The health secretary said he ‘can’t hide his frustration with the BMA’ with which he has been negotiating this ‘since 2012’. He set out a six-week deadline to reach a negotiated conclusion, adding: ‘But be in no doubt: if we can’t negotiate we are ready to impose a new contract.’

He said: ‘Around 6,000 people lose their lives every year because we do not have a proper seven-day service in hospitals… No one could possibly say that this was a system built around the needs of patients – and yet when I pointed this out to the BMA they told me to “get real”.

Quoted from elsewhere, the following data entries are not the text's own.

// From a command to its answer.
ghost use Rattle.std.specs.Prelude.{IfSome};
ghost use Rattle.lw_genlib.specs.Cells.{IsSmall};
ghost use Rattle.lw_top.specs.Words.{IsInRange, IsCount, mapping, checking, timing, simulation};
ghost use Rattle.lw_top.specs.Words.{gate_simulation, counting, tabling, drawing, to_verilog};
ghost use Rattle.lw_top.specs.Words.{from_verilog, trading};
ghost use Rattle.lw_top.specs.Commands.{plain_command};
ghost use Rattle.lw_top.specs.Answered.{Responds};
ghost use Rattle.lw_map.specs.Options.{plain_options};
ghost use Rattle.lw_map.specs.Tabled.{AreLeaves};

use crate::answering::{check_mapped, count_model, draw, map_model, table_model, trade_model};
use crate::refusal::Refusal;
use crate::reports::{simulate, simulate_gates, time_mapped};
use crate::sources::{read_library, read_mapped, read_model, read_netlist, read_vectors};
use crate::verilog::{map_verilog, say_verilog};
use crate::words::Command;
use lw_fixed::{Micro, Micros};
use lw_genlib::Library;
use lw_io::Shelf;
use lw_lut::TableNet;
use lw_map::{Counts, Options, Sizes};
use lw_mapped::Certificate;
use lw_net::Network;
use lw_netlist::Netlist;
use lw_pool::Frame;
use lw_report::{Sim, Timing, Vectors};
use std::alloc::Global;

/// What a command comes to, ready to be written.
#[derive(Drop)]
pub enum Answer {
    /// A library, the netlist of its cells to which a network is mapped, what stands around it, and
    /// its certificate.
    Mapping(Library, Netlist, Frame, Micros, Option<Certificate>),
    Yes,
    /// A library, and a netlist of its cells, for its text in Verilog.
    Verilog(Library, Netlist),
    /// A library, a netlist of its cells, and the netlist's timing.
    Times(Library, Netlist, Timing),
    /// A network, vectors for its inputs, and a simulator of it.
    Values(Network, Vectors, Sim),
    /// A library, a netlist of its cells, vectors for its inputs, and a simulator of it.
    GateValues(Library, Netlist, Vectors, Sim),
    /// A network of lookup tables, and what stands around it.
    Tables(TableNet, Frame),
    /// The size of a network's graph.
    Counts(Counts),
    /// The sizes of a network that was drawn and mapped.
    Sizes(Sizes),
}

/// The answer to a command, or why there is none.
pub type Answered = Result<Answer, Refusal>;

// The answer of `map`: a library and a network are read, and the network is mapped, with a
// certificate if `certified`.
fn map_files<F: Shelf>(
    alloc: Global,
    options: Options,
    certified: bool,
    library: &str,
    network: &str,
    shelf: &mut F,
) -> Answered
    ensures { Responds F.files F.faults shelf.old shelf.new
        (mapping (plain_options options) certified library.now network.now) result }
{
    let library = read_library(alloc, shelf, library)?;
    let model = read_model(alloc, shelf, network)?;
    map_model(alloc, library, model, options, certified)
}

// The answer of `check`: a library, a network and a mapped netlist are read in this order, and the
// netlist is checked.
fn check_files<F: Shelf>(
    alloc: Global,
    options: Options,
    library: &str,
    network: &str,
    mapped: &str,
    shelf: &mut F,
) -> Answered
    ensures { Responds F.files F.faults shelf.old shelf.new
        (checking (plain_options options) library.now network.now mapped.now) result }
{
    let library = read_library(alloc, shelf, library)?;
    let model = match read_model(alloc, shelf, network) {
        Ok(model) => model,
        Err(refusal) => {
            drop(library);
            return Err(refusal);
        }
    };
    let mapped = match read_mapped(alloc, &library, shelf, mapped) {
        Ok(mapped) => mapped,
        Err(refusal) => {
            drop(library);
            drop(model);
            return Err(refusal);
        }
    };
    let answer = check_mapped(alloc, &library, &model, &mapped, options);
    drop(library);
    drop(model);
    drop(mapped);
    answer
}

// The answer of `time`: a library and a mapped netlist are read, and the netlist is timed.
fn time_files<F: Shelf>(alloc: Global, library: &str, mapped: &str, shelf: &mut F) -> Answered
    ensures { Responds F.files F.faults shelf.old shelf.new (timing library.now mapped.now) result }
{
    let library = read_library(alloc, shelf, library)?;
    let mapped = read_mapped(alloc, &library, shelf, mapped)?;
    time_mapped(alloc, library, mapped)
}

// The answer of `sim`: a network and vectors for its inputs are read, and a simulator is made.
fn simulate_files<F: Shelf>(alloc: Global, network: &str, vectors: &str, shelf: &mut F) -> Answered
    ensures { Responds F.files F.faults shelf.old shelf.new
        (simulation network.now vectors.now) result }
{
    let model = read_model(alloc, shelf, network)?;
    let vectors = read_vectors(alloc, model.network.inputs(), shelf, vectors)?;
    simulate(alloc, model, vectors)
}

// The answer of `sim -g`: a library, a mapped netlist and vectors for its inputs are read, and a
// simulator is made.
fn simulate_gate_files<F: Shelf>(
    alloc: Global,
    library: &str,
    mapped: &str,
    vectors: &str,
    shelf: &mut F,
) -> Answered
    ensures { Responds F.files F.faults shelf.old shelf.new
        (gate_simulation library.now mapped.now vectors.now) result }
{
    let library = read_library(alloc, shelf, library)?;
    let mapped = match read_mapped(alloc, &library, shelf, mapped) {
        Ok(mapped) => mapped,
        Err(refusal) => {
            drop(library);
            return Err(refusal);
        }
    };
    match read_vectors(alloc, mapped.netlist.inputs(), shelf, vectors) {
        Ok(vectors) => simulate_gates(alloc, library, mapped, vectors),
        Err(refusal) => {
            drop(library);
            drop(mapped);
            Err(refusal)
        }
    }
}

// The answer of `graph`: a network is read, and the graph of its forms is counted.
fn count_files<F: Shelf>(alloc: Global, options: Options, network: &str, shelf: &mut F) -> Answered
    ensures { Responds F.files F.faults shelf.old shelf.new
        (counting (plain_options options) network.now) result }
{
    let model = read_model(alloc, shelf, network)?;
    count_model(alloc, &model, options)
}

// The answer of `lut`: a network is read and covered by tables of at most `leaves` fan-ins.
fn table_files<F: Shelf>(
    alloc: Global,
    leaves: u8,
    options: Options,
    network: &str,
    shelf: &mut F,
) -> Answered
    requires { AreLeaves leaves }
    ensures { Responds F.files F.faults shelf.old shelf.new
        (tabling leaves (plain_options options) network.now) result }
{
    let model = read_model(alloc, shelf, network)?;
    table_model(alloc, model, options, leaves)
}

// The answer of `big`: a library is read, and a network of `count` nodes, drawn from `seed`, is
// mapped to its cells.
fn draw_files<F: Shelf>(
    alloc: Global,
    seed: u64,
    count: u32,
    library: &str,
    shelf: &mut F,
) -> Answered
    requires { IsCount count }
    ensures { Responds F.files F.faults shelf.old shelf.new
        (drawing seed count library.now) result }
{
    let library = read_library(alloc, shelf, library)?;
    draw(alloc, &library, seed, count)
}

// The answer of `verilog`: a library and a mapped netlist are read, for a text in Verilog.
fn to_verilog_files<F: Shelf>(alloc: Global, library: &str, mapped: &str, shelf: &mut F) -> Answered
    ensures { Responds F.files F.faults shelf.old shelf.new
        (to_verilog library.now mapped.now) result }
{
    let library = read_library(alloc, shelf, library)?;
    let mapped = read_mapped(alloc, &library, shelf, mapped)?;
    say_verilog(alloc, library, mapped)
}

// The answer of `unverilog`: a library and a netlist in Verilog are read, for a mapped text.
fn from_verilog_files<F: Shelf>(
    alloc: Global,
    library: &str,
    verilog: &str,
    shelf: &mut F,
) -> Answered
    ensures { Responds F.files F.faults shelf.old shelf.new
        (from_verilog library.now verilog.now) result }
{
    let library = read_library(alloc, shelf, library)?;
    let netlist = read_netlist(alloc, &library, shelf, verilog)?;
    map_verilog(alloc, library, netlist)
}

// The answer of `trade`: a library and a network are read, and the network is mapped with the least
// area by a deadline, or of all without one.
fn trade_files<F: Shelf>(
    alloc: Global,
    deadline: Option<Micro>,
    options: Options,
    library: &str,
    network: &str,
    shelf: &mut F,
) -> Answered
    requires { IfSome deadline IsSmall }
    ensures { Responds F.files F.faults shelf.old shelf.new
        (trading deadline (plain_options options) library.now network.now) result }
{
    let library = read_library(alloc, shelf, library)?;
    let model = read_model(alloc, shelf, network)?;
    trade_model(alloc, library, model, options, deadline)
}

/// What a command comes to, or why there is no answer.
pub fn respond<F: Shelf>(alloc: Global, command: Command<'_>, shelf: &mut F) -> Answered
    requires { IsInRange (plain_command command) }
    ensures { Responds F.files F.faults shelf.old shelf.new (plain_command command.entry) result }
{
    match command {
        Command::Mapping(options, certified, library, network) => {
            map_files(alloc, options, certified, library, network, shelf)
        }
        Command::Checking(options, library, network, mapped) => {
            check_files(alloc, options, library, network, mapped, shelf)
        }
        Command::Timing(library, mapped) => time_files(alloc, library, mapped, shelf),
        Command::Simulation(network, vectors) => simulate_files(alloc, network, vectors, shelf),
        Command::GateSimulation(library, mapped, vectors) => {
            simulate_gate_files(alloc, library, mapped, vectors, shelf)
        }
        Command::Counting(options, network) => count_files(alloc, options, network, shelf),
        Command::Tabling(leaves, options, network) => {
            table_files(alloc, leaves, options, network, shelf)
        }
        Command::Drawing(seed, count, library) => draw_files(alloc, seed, count, library, shelf),
        Command::ToVerilog(library, mapped) => to_verilog_files(alloc, library, mapped, shelf),
        Command::FromVerilog(library, verilog) => {
            from_verilog_files(alloc, library, verilog, shelf)
        }
        Command::Trading(deadline, options, library, network) => {
            trade_files(alloc, deadline, options, library, network, shelf)
        }
    }
}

‘I simply say to the doctors’ union that I can give them 6,000 reasons why they, not I, need to “get real”. They are not remotely in touch with what their members actually believe.’

BMA chair Dr Mark Porter, a consultant anaesthetist in Coventry, reacted angrily, stating: ‘Today’s announcement is nothing more than a wholesale attack on doctors to mask the fact that for two years the Government has failed to outline any concrete proposals for introducing more seven-day hospital services.

‘The health secretary has questions to answer. How does he plan to pay for it? How will he ensure there isn’t a reduction in midweek services or fewer doctors on wards Monday to Friday? Yet again there are no answers.’

Dr Maureen Baker, chair of the RCGP, also attacked the speech.

She said: ‘Today’s focus might be on hospitals but the secretary of state’s announcement will sound the alarm bells for hardworking GPs who fear we will be next in line – even though we are already being pushed to our limits in trying to provide a safe five-day service for our patients.

‘There is already a severe shortage of GPs and it’s difficult to see how we can be stretched even further to provide routine seven-day opening.